§ Required action: Repeat, please, only the lines from the top of the data down to the line with "use crate::json::is_read;"; include both of those lines.

■ ■ ■ ■ ■

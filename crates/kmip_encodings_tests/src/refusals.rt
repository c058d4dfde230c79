//! What is refused, with its place and what was expected, and the other forms that are read.
use crate::json::is_read;
use kmip_encodings::{EncodingError, Expected, Fault, from_json};
use kmip_wire::Kind;
use std::alloc::Global;
use std::process::Abort;

/// Where an item stands that is none, the innermost index first, and what was expected there.
fn misfit(alloc: Global, text: &str) -> Option<Fault> {
    match from_json(alloc, text) {
        Err(EncodingError::Misfit(fault)) => Some(fault),
        _ => None,
    }
}

/// A text with its misfit.
struct Row {
    text: &'static str,
    place: &'static [usize],
    expected: Expected,
}

const ROWS: &[Row] = &[
    Row {
        text: "null",
        place: &[],
        expected: Expected::Object,
    },
    Row {
        text: "[]",
        place: &[],
        expected: Expected::Object,
    },
    Row {
        text: "{}",
        place: &[],
        expected: Expected::Tag,
    },
    Row {
        text: r#"{"tag":7,"type":"Integer","value":1}"#,
        place: &[],
        expected: Expected::Tag,
    },
    Row {
        text: r#"{"tag":"Batch Count","type":"Integer","value":1}"#,
        place: &[],
        expected: Expected::Tag,
    },
    Row {
        text: r#"{"tag":"0x42000","type":"Integer","value":1}"#,
        place: &[],
        expected: Expected::Tag,
    },
    Row {
        text: r#"{"tag":"0x0042000D","type":"Integer","value":1}"#,
        place: &[],
        expected: Expected::Tag,
    },
    Row {
        text: r#"{"tag":"BatchCount","type":"integer","value":1}"#,
        place: &[],
        expected: Expected::Type,
    },
    Row {
        text: r#"{"tag":"BatchCount","type":2,"value":1}"#,
        place: &[],
        expected: Expected::Type,
    },
    Row {
        text: r#"{"tag":"BatchCount","type":"Integer"}"#,
        place: &[],
        expected: Expected::Value(Kind::Integer),
    },
    Row {
        text: r#"{"tag":"BatchCount","value":1}"#,
        place: &[],
        expected: Expected::Value(Kind::Structure),
    },
    Row {
        text: r#"{"tag":"BatchCount","type":"Integer","value":1,"comment":""}"#,
        place: &[],
        expected: Expected::Members,
    },
    Row {
        text: r#"{"tag":"BatchCount","type":"Integer","value":1.0}"#,
        place: &[],
        expected: Expected::Value(Kind::Integer),
    },
    Row {
        text: r#"{"tag":"BatchCount","type":"Integer","value":1e1}"#,
        place: &[],
        expected: Expected::Value(Kind::Integer),
    },
    Row {
        text: r#"{"tag":"BatchCount","type":"Integer","value":2147483648}"#,
        place: &[],
        expected: Expected::Value(Kind::Integer),
    },
    Row {
        text: r#"{"tag":"BatchCount","type":"Integer","value":"1"}"#,
        place: &[],
        expected: Expected::Value(Kind::Integer),
    },
    Row {
        text: r#"{"tag":"BatchCount","type":"LongInteger","value":9007199254740993}"#,
        place: &[],
        expected: Expected::Value(Kind::LongInteger),
    },
    Row {
        text: r#"{"tag":"BatchCount","type":"LongInteger","value":"0x00"}"#,
        place: &[],
        expected: Expected::Value(Kind::LongInteger),
    },
    Row {
        text: r#"{"tag":"BatchCount","type":"Interval","value":-1}"#,
        place: &[],
        expected: Expected::Value(Kind::Interval),
    },
    Row {
        text: r#"{"tag":"BatchCount","type":"Boolean","value":1}"#,
        place: &[],
        expected: Expected::Value(Kind::Boolean),
    },
    Row {
        text: r#"{"tag":"Modulus","type":"BigInteger","value":"00"}"#,
        place: &[],
        expected: Expected::Value(Kind::BigInteger),
    },
    Row {
        text: r#"{"tag":"Data","type":"ByteString","value":"0g"}"#,
        place: &[],
        expected: Expected::Value(Kind::ByteString),
    },
    Row {
        text: r#"{"tag":"Operation","type":"Enumeration","value":"create"}"#,
        place: &[],
        expected: Expected::Value(Kind::Enumeration),
    },
    Row {
        text: r#"{"tag":"TimeStamp","type":"DateTime","value":"2001-02-29T00:00:00+00:00"}"#,
        place: &[],
        expected: Expected::Value(Kind::DateTime),
    },
    Row {
        text: r#"{"tag":"TimeStamp","type":"DateTime","value":"2001-02-28T24:00:00+00:00"}"#,
        place: &[],
        expected: Expected::Value(Kind::DateTime),
    },
    Row {
        text: r#"{"tag":"CryptographicUsageMask","type":"Integer","value":"Encrypt|encrypt"}"#,
        place: &[],
        expected: Expected::Value(Kind::Integer),
    },
    Row {
        text: r#"{"tag":"CryptographicUsageMask","type":"Integer","value":"Encrypt |Decrypt"}"#,
        place: &[],
        expected: Expected::Value(Kind::Integer),
    },
    Row {
        text: r#"{"tag":"CryptographicUsageMask","type":"Integer","value":""}"#,
        place: &[],
        expected: Expected::Value(Kind::Integer),
    },
    Row {
        text: r#"{"tag":"State","type":"Integer","value":"Active"}"#,
        place: &[],
        expected: Expected::Value(Kind::Integer),
    },
    Row {
        text: r#"{"tag":"BatchCount","type":"Integer","value":null}"#,
        place: &[],
        expected: Expected::Value(Kind::Integer),
    },
    Row {
        text: r#"{"tag":"Modulus","type":"BigInteger","value":9007199254740993}"#,
        place: &[],
        expected: Expected::Value(Kind::BigInteger),
    },
    Row {
        text: r#"{"tag":"BatchOrderOption","type":"Boolean","value":"0x0000000000000002"}"#,
        place: &[],
        expected: Expected::Value(Kind::Boolean),
    },
    Row {
        text: r#"{"tag":"BatchOrderOption","type":"Boolean","value":"0x01"}"#,
        place: &[],
        expected: Expected::Value(Kind::Boolean),
    },
    Row {
        text: r#"{"tag":"TimeStamp","type":"DateTime","value":"2001-02-28T12:00:00+24:00"}"#,
        place: &[],
        expected: Expected::Value(Kind::DateTime),
    },
    Row {
        text: r#"{"tag":"TimeStamp","type":"DateTime","value":"2001-02-28T12:00:00+0200"}"#,
        place: &[],
        expected: Expected::Value(Kind::DateTime),
    },
    Row {
        text: r#"{"tag":"Attribute","value":[{"tag":"Attribute","value":[]},{"tag":"Attribute","value":[{"tag":"State","value":[]},{"tag":"State","value":[]},{"tag":"Stat","value":[]}]}]}"#,
        place: &[2, 1],
        expected: Expected::Tag,
    },
];

/// The text of a row is refused at its place.
fn is_refused(rt: &impl Abort, alloc: Global, row: &Row) {
    let fault = misfit(alloc, row.text).expect(rt, row.text);
    assert_eq!(rt; fault.place.as_slice(), row.place, "{}", row.text);
    assert_eq!(rt; fault.expected, row.expected, "{}", row.text);
    drop(fault);
}

#[test]
fn what_is_no_item_is_refused(rt: HostRuntime) {
    for row in ROWS {
        is_refused(&rt, rt.alloc(), row);
    }
}

/// Texts that are no JSON, and the place where each stops being one.
const NO_JSON: &[(&str, usize)] = &[
    ("", 0),
    (r#"{"tag":"BatchCount","type":"Integer","value":01}"#, 45),
    (r#"{"tag":"BatchCount","type":"Integer","value":1"#, 46),
    (r#"{"tag":"BatchCount";"type":"Integer","value":1}"#, 19),
];

/// Where a text stops being JSON.
fn place_in(alloc: Global, text: &str) -> Option<usize> {
    match from_json(alloc, text) {
        Err(EncodingError::NotJson(place)) => Some(place),
        _ => None,
    }
}

/// Where a text nests too deep.
fn depth_in(alloc: Global, text: &str) -> Option<usize> {
    match from_json(alloc, text) {
        Err(EncodingError::TooDeep(place)) => Some(place),
        _ => None,
    }
}

/// Whether a text has a name twice in one object.
fn has_a_name_twice(alloc: Global, text: &str) -> bool {
    matches!(from_json(alloc, text), Err(EncodingError::RepeatedName))
}

#[test]
fn what_is_no_json_is_refused_with_its_place(rt: HostRuntime) {
    for (text, place) in NO_JSON {
        assert_eq!(rt; place_in(rt.alloc(), text), Some(*place), "{text}");
    }
    let twice = r#"{"tag":"BatchCount","type":"Integer","value":1,"value":2}"#;
    assert!(rt; has_a_name_twice(rt.alloc(), twice));
}

/// Other forms of JSON, and the items' bytes in hex.
const FORMS: &[(&str, &str)] = &[
    (
        r#" { "value" : 1 , "type" : "Integer" , "tag" : "0x42000d" } "#,
        "42000D02000000040000000100000000",
    ),
    (
        r#"{"tag":"BatchCount","type":"Integer","value":"0xFFFFFFFE"}"#,
        "42000D0200000004FFFFFFFE00000000",
    ),
    (
        r#"{"tag":"LeaseTime","type":"Interval","value":"0x000d2f00"}"#,
        "4200490A00000004000D2F0000000000",
    ),
    (
        r#"{"tag":"Operation","type":"Enumeration","value":18}"#,
        "42005C05000000040000001200000000",
    ),
    (
        r#"{"tag":"Operation","type":"Enumeration","value":"0x00000012"}"#,
        "42005C05000000040000001200000000",
    ),
    (
        r#"{"tag":"Operation","type":"Enumeration","value":"Activate"}"#,
        "42005C05000000040000001200000000",
    ),
    (
        r#"{"tag":"TimeStamp","type":"DateTime","value":"2008-03-14T11:56:40Z"}"#,
        "42009209000000080000000047DA67F8",
    ),
    (
        r#"{"tag":"TimeStamp","type":"DateTime","value":"0x0000000047DA67F8"}"#,
        "42009209000000080000000047DA67F8",
    ),
    (
        r#"{"tag":"Attribute","type":"Structure","value":[]}"#,
        "4200080100000000",
    ),
    (r#"{"tag":"Attribute","value":null}"#, "4200080100000000"),
    (
        r#"{"tag":"Attribute","type":"Structure"}"#,
        "4200080100000000",
    ),
    (
        r#"{"tag":"0x540001","name":"My Extension","type":"Integer","value":1}"#,
        "54000102000000040000000100000000",
    ),
    (
        r#"{"tag":"CryptographicUsageMask","type":"Integer","value":"Encrypt|Decrypt"}"#,
        "42002C02000000040000000C00000000",
    ),
    (
        r#"{"tag":"CryptographicUsageMask","type":"Integer","value":"MACGenerate|0x00000100|MacGenerate"}"#,
        "42002C02000000040000018000000000",
    ),
    (
        r#"{"tag":"StorageStatusMask","type":"Integer","value":"OnLineStorage|ArchivalStorage"}"#,
        "42008E02000000040000000300000000",
    ),
    (
        r#"{"tag":"Attribute","value":[{"tag":"AttributeName","type":"TextString","value":"Cryptographic Usage Mask"},{"tag":"AttributeValue","type":"Integer","value":"Encrypt|Decrypt"}]}"#,
        "420008010000003042000A070000001843727970746F67726170686963205573616765204D61736B42000B02000000040000000C00000000",
    ),
    (
        r#"{"tag":"TimeStamp","type":"DateTime","value":"2008-03-14T13:56:40+02:00"}"#,
        "42009209000000080000000047DA67F8",
    ),
    (
        r#"{"tag":"TimeStamp","type":"DateTime","value":"2008-03-14T06:26:40-05:30"}"#,
        "42009209000000080000000047DA67F8",
    ),
    (
        r#"{"tag":"Modulus","type":"BigInteger","value":-1}"#,
        "4200520400000008FFFFFFFFFFFFFFFF",
    ),
    (
        r#"{"tag":"Modulus","type":"BigInteger","value":258}"#,
        "42005204000000080000000000000102",
    ),
    (
        r#"{"tag":"BatchOrderOption","type":"Boolean","value":"0x0000000000000001"}"#,
        "42001006000000080000000000000001",
    ),
    (
        r#"{"tag":"BatchOrderOption","type":"Boolean","value":"0x0000000000000000"}"#,
        "42001006000000080000000000000000",
    ),
];

#[test]
fn other_forms_are_read(rt: HostRuntime) {
    for (text, digits) in FORMS {
        is_read(&rt, rt.alloc(), text, digits);
    }
}

/// A structure in JSON of so many levels.
fn nested(rt: &impl Abort, alloc: Global, levels: usize) -> String {
    let mut text = String::new(alloc);
    for _ in 0..levels {
        text.push_str(r#"{"tag":"Attribute","value":["#)
            .expect(rt, "memory");
    }
    for _ in 0..levels {
        text.push_str("]}").expect(rt, "memory");
    }
    text
}

#[test]
fn levels_are_bounded(rt: HostRuntime) {
    let alloc = rt.alloc();
    let (most, more) = (nested(&rt, alloc, 64), nested(&rt, alloc, 65));
    assert!(rt; from_json(alloc, most.as_str()).is_ok());
    assert_eq!(rt; depth_in(alloc, more.as_str()), Some(64 * 28 + 1));
}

■ ■ ■ ■ ■

§ Exercise solution:
filename crates/kmip_encodings_tests/src/refusals.rt
repository c058d4dfde230c79
//! What is refused, with its place and what was expected, and the other forms that are read.
use crate::json::is_read;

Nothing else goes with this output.